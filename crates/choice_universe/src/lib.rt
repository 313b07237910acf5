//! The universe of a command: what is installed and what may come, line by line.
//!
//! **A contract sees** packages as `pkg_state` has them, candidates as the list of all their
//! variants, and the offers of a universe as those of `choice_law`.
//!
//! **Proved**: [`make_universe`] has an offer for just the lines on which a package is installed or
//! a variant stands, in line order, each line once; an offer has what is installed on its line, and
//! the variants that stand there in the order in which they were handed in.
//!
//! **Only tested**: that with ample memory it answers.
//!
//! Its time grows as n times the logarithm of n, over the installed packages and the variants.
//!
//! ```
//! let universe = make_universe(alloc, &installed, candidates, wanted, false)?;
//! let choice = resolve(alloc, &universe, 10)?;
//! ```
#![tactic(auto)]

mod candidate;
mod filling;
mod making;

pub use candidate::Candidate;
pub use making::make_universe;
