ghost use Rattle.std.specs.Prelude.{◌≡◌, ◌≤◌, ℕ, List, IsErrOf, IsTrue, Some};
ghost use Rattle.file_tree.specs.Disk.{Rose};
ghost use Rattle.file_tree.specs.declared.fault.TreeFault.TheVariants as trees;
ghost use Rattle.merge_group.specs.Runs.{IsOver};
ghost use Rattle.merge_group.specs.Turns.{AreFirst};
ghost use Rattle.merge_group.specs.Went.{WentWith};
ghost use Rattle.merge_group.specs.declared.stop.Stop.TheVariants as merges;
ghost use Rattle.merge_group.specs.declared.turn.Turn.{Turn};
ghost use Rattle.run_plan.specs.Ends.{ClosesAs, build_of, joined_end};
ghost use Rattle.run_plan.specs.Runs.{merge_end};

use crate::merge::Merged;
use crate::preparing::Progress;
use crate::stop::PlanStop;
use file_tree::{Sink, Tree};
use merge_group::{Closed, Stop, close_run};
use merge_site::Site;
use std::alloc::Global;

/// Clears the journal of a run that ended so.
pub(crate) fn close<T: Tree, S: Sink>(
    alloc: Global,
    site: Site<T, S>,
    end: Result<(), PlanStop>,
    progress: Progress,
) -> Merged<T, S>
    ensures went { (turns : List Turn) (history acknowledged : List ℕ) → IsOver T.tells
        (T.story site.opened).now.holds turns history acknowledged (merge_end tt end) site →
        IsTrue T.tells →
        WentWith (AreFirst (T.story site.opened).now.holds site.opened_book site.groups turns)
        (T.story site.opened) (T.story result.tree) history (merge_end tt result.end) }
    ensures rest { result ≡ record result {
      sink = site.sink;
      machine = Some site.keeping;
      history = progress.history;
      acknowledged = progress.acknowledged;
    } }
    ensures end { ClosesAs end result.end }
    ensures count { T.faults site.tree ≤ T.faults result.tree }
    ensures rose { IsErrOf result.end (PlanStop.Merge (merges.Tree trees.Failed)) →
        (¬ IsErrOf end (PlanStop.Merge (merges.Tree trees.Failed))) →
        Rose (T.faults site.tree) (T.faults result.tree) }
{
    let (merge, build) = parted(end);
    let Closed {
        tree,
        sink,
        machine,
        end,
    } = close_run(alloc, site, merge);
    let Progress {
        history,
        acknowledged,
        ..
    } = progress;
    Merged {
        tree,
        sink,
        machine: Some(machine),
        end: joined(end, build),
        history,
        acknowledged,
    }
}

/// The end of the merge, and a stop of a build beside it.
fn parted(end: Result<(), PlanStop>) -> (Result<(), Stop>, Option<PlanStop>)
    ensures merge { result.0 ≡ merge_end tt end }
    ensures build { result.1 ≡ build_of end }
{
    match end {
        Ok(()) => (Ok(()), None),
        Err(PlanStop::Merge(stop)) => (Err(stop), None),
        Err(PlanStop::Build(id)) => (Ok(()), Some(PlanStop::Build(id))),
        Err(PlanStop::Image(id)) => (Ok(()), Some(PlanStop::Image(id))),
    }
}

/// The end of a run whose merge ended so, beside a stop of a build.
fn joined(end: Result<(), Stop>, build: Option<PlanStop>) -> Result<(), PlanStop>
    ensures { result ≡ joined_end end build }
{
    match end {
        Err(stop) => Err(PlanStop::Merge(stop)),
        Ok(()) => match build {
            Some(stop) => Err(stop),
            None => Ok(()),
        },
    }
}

———

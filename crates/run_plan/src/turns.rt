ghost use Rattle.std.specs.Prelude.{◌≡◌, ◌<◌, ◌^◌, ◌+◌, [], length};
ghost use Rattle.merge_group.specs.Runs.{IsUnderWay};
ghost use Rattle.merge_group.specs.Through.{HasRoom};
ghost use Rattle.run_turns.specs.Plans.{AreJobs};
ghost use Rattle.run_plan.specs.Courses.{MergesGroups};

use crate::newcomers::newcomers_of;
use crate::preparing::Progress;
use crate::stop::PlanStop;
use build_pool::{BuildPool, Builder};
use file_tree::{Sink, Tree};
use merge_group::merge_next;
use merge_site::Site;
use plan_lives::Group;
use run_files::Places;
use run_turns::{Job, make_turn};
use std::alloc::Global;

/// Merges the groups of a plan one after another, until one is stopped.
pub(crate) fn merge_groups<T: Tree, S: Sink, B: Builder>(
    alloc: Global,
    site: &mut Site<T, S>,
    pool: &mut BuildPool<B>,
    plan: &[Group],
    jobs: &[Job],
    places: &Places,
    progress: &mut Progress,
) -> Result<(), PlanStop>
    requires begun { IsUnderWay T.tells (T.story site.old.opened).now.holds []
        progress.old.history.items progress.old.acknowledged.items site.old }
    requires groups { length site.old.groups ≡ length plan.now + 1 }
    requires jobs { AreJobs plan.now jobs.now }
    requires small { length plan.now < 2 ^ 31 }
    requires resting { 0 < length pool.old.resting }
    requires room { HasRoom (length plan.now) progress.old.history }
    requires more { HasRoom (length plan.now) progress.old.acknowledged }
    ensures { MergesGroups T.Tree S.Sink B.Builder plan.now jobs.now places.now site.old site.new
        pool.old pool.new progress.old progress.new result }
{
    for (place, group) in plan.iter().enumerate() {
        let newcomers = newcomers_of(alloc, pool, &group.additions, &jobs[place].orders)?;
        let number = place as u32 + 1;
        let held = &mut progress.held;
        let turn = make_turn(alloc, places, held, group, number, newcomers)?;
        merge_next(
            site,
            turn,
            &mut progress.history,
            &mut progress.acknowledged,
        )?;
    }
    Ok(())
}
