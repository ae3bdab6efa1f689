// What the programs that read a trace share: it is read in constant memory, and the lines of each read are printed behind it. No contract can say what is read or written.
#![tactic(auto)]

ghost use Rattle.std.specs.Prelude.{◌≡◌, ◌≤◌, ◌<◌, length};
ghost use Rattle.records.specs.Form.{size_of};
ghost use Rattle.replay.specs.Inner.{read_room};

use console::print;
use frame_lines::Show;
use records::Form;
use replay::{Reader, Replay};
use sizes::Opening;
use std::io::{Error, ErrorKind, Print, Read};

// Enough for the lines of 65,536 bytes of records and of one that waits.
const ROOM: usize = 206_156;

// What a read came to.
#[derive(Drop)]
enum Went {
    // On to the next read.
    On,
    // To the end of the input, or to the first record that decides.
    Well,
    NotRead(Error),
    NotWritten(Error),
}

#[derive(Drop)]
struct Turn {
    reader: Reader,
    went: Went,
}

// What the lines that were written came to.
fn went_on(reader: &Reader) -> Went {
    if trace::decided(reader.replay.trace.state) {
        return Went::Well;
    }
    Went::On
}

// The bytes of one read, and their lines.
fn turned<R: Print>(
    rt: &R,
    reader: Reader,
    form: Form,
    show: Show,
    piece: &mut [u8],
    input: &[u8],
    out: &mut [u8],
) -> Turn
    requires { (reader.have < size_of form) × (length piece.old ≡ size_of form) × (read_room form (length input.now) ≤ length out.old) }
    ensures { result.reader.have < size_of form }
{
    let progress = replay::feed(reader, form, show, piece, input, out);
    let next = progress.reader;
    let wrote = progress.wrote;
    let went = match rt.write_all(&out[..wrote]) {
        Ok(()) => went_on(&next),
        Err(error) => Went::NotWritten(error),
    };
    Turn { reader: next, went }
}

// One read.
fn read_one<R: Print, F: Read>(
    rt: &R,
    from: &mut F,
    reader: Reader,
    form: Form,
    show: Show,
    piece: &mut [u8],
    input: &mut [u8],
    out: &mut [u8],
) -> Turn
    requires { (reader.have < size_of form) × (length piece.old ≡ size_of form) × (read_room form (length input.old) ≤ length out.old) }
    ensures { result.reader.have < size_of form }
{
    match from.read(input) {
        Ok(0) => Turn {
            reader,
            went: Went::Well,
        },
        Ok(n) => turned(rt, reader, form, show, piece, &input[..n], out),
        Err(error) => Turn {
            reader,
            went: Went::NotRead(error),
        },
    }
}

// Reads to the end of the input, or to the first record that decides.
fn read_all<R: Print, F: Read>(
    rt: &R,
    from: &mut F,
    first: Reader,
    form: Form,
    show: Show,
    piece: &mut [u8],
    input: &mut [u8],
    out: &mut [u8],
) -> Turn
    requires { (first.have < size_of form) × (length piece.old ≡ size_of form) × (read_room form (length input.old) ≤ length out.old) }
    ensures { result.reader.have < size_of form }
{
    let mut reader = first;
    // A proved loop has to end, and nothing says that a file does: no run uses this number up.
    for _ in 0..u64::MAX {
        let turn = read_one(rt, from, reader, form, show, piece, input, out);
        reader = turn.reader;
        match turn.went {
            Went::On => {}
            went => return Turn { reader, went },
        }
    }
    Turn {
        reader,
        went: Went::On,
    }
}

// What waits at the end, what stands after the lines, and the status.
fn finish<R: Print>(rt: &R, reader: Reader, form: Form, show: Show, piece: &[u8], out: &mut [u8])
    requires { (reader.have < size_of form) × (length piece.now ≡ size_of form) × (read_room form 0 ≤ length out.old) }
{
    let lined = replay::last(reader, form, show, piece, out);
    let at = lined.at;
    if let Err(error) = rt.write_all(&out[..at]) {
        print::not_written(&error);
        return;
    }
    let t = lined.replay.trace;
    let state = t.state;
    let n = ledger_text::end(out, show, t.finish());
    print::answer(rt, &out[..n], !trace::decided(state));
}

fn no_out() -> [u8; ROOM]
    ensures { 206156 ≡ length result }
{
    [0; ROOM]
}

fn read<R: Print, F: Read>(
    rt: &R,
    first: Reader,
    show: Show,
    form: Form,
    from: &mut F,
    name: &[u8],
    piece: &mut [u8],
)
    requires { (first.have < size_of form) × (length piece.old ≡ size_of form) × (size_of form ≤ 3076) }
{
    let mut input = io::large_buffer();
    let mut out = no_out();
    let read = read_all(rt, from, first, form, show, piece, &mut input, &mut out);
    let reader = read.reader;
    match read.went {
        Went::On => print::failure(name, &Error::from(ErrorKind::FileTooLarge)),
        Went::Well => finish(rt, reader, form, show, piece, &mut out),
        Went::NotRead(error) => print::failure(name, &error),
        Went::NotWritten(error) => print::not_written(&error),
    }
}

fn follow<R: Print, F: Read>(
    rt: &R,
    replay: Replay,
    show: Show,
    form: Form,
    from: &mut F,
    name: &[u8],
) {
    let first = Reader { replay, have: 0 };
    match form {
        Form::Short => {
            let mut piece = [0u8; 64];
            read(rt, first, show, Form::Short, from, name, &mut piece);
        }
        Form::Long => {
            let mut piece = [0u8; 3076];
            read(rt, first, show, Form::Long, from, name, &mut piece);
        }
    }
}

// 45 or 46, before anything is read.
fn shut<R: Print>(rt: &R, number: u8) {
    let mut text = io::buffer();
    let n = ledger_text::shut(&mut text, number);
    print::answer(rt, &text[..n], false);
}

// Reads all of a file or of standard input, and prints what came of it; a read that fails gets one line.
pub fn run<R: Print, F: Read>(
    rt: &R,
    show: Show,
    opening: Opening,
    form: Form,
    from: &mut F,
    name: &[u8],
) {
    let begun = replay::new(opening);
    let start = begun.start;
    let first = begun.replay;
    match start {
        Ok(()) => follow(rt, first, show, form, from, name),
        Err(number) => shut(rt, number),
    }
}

———

> _Work instructions_
Read the data above. Pull out each line in which the string "Some" appears.

> _Answer section_
ghost use Rattle.std.specs.Prelude.{◌≡◌, ◌≤◌, ℕ, List, IsErrOf, IsTrue, Some};
      machine = Some site.keeping;
        machine: Some(machine),
        Err(PlanStop::Build(id)) => (Ok(()), Some(PlanStop::Build(id))),
        Err(PlanStop::Image(id)) => (Ok(()), Some(PlanStop::Image(id))),
            Some(stop) => Err(stop),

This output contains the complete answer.